%%

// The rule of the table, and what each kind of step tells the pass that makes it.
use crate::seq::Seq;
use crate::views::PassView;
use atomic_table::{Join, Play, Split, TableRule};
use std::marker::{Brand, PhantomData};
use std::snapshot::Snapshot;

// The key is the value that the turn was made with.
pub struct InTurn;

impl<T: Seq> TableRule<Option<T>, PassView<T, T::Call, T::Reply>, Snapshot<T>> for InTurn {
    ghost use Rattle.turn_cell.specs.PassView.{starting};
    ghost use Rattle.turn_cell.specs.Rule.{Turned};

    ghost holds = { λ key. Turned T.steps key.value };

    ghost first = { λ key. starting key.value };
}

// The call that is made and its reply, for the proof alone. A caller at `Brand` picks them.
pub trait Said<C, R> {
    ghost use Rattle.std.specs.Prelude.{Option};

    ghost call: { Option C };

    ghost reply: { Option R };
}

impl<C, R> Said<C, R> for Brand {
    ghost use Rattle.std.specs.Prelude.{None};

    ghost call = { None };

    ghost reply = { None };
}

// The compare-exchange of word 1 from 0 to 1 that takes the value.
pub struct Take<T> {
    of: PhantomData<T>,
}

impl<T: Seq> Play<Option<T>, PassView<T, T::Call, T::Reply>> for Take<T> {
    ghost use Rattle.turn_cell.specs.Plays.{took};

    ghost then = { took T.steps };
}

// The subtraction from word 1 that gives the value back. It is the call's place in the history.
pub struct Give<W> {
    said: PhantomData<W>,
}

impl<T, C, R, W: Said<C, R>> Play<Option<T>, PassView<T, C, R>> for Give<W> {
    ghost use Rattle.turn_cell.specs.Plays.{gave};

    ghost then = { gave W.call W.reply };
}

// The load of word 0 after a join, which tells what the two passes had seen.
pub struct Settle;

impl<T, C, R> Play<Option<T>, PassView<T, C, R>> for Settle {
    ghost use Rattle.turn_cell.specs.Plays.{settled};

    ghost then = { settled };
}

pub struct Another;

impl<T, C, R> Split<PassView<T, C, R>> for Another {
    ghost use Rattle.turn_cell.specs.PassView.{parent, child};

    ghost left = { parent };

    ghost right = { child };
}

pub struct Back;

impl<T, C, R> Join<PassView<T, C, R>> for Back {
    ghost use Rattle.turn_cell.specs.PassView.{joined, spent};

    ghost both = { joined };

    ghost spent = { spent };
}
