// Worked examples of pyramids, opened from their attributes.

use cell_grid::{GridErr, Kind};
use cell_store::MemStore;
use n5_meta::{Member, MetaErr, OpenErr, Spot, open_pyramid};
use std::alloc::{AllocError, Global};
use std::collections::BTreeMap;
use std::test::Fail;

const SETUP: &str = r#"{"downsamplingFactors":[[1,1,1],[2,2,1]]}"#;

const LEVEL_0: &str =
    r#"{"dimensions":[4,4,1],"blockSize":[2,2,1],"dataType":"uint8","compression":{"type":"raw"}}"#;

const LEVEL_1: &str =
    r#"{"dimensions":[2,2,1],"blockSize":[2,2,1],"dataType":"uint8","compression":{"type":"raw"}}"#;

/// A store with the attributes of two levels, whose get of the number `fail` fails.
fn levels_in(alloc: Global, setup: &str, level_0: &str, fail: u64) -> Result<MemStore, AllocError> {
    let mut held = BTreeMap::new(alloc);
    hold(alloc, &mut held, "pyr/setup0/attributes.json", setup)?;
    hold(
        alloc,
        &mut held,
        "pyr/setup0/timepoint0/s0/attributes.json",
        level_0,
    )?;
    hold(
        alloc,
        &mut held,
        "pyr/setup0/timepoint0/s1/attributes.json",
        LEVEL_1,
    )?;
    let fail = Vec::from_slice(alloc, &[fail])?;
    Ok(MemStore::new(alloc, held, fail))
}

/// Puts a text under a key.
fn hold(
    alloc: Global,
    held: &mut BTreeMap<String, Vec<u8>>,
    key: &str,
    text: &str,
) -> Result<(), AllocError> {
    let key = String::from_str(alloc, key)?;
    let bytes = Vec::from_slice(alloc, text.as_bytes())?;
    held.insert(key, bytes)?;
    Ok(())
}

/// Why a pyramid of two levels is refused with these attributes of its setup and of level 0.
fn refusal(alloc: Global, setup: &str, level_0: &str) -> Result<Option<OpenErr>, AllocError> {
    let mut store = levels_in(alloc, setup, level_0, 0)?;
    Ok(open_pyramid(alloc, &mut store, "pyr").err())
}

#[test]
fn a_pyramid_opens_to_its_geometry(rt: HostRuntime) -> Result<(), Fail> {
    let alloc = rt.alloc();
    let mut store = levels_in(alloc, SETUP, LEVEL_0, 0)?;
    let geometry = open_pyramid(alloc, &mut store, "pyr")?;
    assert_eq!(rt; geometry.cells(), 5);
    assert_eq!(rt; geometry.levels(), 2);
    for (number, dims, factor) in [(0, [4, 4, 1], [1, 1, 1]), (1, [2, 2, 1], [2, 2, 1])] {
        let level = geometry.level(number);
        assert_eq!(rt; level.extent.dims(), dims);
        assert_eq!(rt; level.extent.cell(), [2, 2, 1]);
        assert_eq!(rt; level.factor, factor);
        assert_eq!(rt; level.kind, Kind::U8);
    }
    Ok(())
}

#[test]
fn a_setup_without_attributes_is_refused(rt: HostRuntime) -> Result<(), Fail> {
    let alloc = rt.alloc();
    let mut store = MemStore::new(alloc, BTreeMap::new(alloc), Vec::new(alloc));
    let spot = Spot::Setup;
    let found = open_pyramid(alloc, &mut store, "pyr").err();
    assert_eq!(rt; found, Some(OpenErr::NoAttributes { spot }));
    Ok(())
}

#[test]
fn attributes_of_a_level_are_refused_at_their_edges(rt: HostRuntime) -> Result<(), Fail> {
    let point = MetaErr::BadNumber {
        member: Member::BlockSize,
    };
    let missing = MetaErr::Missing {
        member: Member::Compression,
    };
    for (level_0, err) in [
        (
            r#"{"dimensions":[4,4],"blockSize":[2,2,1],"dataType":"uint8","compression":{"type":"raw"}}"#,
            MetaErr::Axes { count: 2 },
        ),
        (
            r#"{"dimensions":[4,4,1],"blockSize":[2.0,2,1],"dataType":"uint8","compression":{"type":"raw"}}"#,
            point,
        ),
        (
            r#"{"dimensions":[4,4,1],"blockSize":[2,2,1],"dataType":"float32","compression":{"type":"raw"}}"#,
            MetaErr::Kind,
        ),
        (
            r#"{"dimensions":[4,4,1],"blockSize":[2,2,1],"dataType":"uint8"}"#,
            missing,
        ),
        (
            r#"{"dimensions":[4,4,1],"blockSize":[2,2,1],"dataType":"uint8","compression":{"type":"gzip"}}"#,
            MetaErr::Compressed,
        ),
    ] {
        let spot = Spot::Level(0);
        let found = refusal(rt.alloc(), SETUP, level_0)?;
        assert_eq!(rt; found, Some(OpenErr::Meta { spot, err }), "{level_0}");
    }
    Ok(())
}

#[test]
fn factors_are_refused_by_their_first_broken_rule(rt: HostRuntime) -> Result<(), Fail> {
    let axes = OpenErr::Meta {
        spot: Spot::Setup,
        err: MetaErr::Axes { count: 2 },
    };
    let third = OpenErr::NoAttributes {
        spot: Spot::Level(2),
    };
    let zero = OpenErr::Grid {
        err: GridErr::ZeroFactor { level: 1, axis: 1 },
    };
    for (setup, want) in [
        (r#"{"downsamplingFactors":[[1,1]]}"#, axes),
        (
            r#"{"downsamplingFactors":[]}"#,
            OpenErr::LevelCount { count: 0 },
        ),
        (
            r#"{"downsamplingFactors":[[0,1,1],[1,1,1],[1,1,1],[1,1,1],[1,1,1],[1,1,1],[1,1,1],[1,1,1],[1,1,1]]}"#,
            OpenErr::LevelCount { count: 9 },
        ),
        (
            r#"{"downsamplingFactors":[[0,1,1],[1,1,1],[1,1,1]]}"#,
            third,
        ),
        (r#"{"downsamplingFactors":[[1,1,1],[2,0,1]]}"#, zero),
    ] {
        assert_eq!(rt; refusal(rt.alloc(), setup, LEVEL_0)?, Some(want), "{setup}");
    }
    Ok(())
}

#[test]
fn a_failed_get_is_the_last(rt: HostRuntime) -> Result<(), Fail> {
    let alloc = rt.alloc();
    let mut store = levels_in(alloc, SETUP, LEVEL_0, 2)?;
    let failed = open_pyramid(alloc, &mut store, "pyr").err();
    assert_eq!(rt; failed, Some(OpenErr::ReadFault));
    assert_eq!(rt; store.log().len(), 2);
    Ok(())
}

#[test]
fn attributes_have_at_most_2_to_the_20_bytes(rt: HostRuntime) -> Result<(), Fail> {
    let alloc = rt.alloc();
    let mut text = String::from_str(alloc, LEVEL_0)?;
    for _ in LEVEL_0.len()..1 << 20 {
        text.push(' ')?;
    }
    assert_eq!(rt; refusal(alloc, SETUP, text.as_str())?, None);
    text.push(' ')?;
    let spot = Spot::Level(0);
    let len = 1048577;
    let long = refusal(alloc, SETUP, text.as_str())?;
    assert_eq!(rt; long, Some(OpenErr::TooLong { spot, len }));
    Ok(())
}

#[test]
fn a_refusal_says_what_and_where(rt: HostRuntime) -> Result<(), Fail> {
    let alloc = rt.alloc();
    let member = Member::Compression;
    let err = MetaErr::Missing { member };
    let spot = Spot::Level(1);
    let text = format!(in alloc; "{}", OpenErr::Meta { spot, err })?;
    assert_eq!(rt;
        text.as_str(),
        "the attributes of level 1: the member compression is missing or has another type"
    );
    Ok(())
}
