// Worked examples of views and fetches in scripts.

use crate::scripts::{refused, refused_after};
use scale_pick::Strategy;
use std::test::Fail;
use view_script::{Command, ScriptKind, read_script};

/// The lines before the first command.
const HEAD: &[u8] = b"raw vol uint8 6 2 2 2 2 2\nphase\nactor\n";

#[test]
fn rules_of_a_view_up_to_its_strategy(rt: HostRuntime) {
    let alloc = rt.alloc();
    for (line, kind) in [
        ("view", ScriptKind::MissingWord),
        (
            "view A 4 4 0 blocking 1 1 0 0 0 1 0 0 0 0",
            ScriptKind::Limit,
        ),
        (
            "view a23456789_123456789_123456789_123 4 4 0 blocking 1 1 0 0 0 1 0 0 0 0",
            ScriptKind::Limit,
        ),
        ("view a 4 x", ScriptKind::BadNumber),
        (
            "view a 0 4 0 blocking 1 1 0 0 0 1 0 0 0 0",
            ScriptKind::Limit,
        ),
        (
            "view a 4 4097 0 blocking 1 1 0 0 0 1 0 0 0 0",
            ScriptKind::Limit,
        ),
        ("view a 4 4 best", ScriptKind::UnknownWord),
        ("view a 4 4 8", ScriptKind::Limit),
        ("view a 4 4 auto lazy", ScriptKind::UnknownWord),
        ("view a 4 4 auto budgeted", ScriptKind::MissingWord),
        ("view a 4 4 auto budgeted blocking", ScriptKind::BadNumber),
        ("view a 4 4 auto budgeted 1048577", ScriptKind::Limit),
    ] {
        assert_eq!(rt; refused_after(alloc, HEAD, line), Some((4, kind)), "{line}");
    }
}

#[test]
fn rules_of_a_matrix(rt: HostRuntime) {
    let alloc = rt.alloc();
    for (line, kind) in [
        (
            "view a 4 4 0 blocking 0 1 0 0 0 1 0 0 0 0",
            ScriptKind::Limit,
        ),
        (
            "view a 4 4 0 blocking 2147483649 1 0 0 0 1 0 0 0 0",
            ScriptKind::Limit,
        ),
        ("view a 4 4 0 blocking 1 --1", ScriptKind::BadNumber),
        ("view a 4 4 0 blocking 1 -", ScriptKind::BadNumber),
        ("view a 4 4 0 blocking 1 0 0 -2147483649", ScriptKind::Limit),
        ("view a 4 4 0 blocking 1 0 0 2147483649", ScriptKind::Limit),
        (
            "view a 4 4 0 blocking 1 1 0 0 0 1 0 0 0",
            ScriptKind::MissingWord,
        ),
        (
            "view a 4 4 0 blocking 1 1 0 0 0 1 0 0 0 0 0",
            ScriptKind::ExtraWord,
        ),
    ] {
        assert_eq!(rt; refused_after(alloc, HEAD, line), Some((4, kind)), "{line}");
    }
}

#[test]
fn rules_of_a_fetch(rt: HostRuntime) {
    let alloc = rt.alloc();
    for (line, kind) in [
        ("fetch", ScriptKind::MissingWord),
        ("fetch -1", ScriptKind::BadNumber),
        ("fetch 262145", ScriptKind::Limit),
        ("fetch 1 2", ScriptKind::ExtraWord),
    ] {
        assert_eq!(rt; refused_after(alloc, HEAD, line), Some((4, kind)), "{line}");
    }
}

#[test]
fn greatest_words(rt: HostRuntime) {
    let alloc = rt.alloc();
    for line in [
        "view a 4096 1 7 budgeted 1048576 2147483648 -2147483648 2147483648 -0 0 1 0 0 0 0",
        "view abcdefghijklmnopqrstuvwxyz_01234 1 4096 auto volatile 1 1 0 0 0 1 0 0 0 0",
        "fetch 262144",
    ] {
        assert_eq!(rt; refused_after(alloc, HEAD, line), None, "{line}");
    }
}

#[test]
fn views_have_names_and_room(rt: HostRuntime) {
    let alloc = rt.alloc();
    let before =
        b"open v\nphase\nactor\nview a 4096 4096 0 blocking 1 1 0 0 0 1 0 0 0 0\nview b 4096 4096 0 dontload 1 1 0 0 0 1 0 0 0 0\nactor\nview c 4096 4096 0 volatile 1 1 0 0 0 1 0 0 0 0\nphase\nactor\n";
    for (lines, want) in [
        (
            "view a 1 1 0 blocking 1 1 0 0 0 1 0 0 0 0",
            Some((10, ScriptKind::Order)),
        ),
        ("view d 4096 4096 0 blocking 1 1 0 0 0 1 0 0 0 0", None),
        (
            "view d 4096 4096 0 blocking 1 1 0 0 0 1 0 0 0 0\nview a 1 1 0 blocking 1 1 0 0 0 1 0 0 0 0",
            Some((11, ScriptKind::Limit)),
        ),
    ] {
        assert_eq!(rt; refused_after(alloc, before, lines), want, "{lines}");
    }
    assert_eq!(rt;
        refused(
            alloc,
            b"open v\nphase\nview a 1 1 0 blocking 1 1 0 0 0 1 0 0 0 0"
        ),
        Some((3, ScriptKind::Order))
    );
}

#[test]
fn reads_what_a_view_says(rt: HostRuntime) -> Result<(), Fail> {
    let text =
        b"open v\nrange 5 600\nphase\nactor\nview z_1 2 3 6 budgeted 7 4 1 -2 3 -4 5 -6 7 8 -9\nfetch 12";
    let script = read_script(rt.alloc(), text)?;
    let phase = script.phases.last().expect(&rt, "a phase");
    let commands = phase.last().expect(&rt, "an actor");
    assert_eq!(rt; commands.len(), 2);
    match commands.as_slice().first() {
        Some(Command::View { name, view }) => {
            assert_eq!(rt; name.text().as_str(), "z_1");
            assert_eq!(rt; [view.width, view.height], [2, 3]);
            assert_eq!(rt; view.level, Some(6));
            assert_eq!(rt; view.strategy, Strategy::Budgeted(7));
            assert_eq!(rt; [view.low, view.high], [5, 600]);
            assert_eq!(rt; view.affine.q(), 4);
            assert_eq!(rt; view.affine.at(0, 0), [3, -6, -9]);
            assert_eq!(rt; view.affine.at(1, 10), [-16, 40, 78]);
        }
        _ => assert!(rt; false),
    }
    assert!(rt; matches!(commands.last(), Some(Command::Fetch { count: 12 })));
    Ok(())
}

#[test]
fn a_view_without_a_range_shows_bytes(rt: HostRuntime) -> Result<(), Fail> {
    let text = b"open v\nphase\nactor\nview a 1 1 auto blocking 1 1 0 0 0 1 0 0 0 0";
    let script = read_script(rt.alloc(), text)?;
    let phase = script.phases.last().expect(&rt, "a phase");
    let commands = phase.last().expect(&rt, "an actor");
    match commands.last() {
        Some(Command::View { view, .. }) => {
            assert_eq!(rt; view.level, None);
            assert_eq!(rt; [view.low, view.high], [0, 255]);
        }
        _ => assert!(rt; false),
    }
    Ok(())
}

%%

Work order: There is one span to return: the line holding "assert_eq!(rt; view.affine.q(), 4);" and every line after it through the end of the listing above; please give it exactly and add nothing.

Final answer:
            assert_eq!(rt; view.affine.q(), 4);
            assert_eq!(rt; view.affine.at(0, 0), [3, -6, -9]);
            assert_eq!(rt; view.affine.at(1, 10), [-16, 40, 78]);
        }
        _ => assert!(rt; false),
    }
    assert!(rt; matches!(commands.last(), Some(Command::Fetch { count: 12 })));
    Ok(())
}

#[test]
fn a_view_without_a_range_shows_bytes(rt: HostRuntime) -> Result<(), Fail> {
    let text = b"open v\nphase\nactor\nview a 1 1 auto blocking 1 1 0 0 0 1 0 0 0 0";
    let script = read_script(rt.alloc(), text)?;
    let phase = script.phases.last().expect(&rt, "a phase");
    let commands = phase.last().expect(&rt, "an actor");
    match commands.last() {
        Some(Command::View { view, .. }) => {
            assert_eq!(rt; view.level, None);
            assert_eq!(rt; [view.low, view.high], [0, 255]);
        }
        _ => assert!(rt; false),
    }
    Ok(())
}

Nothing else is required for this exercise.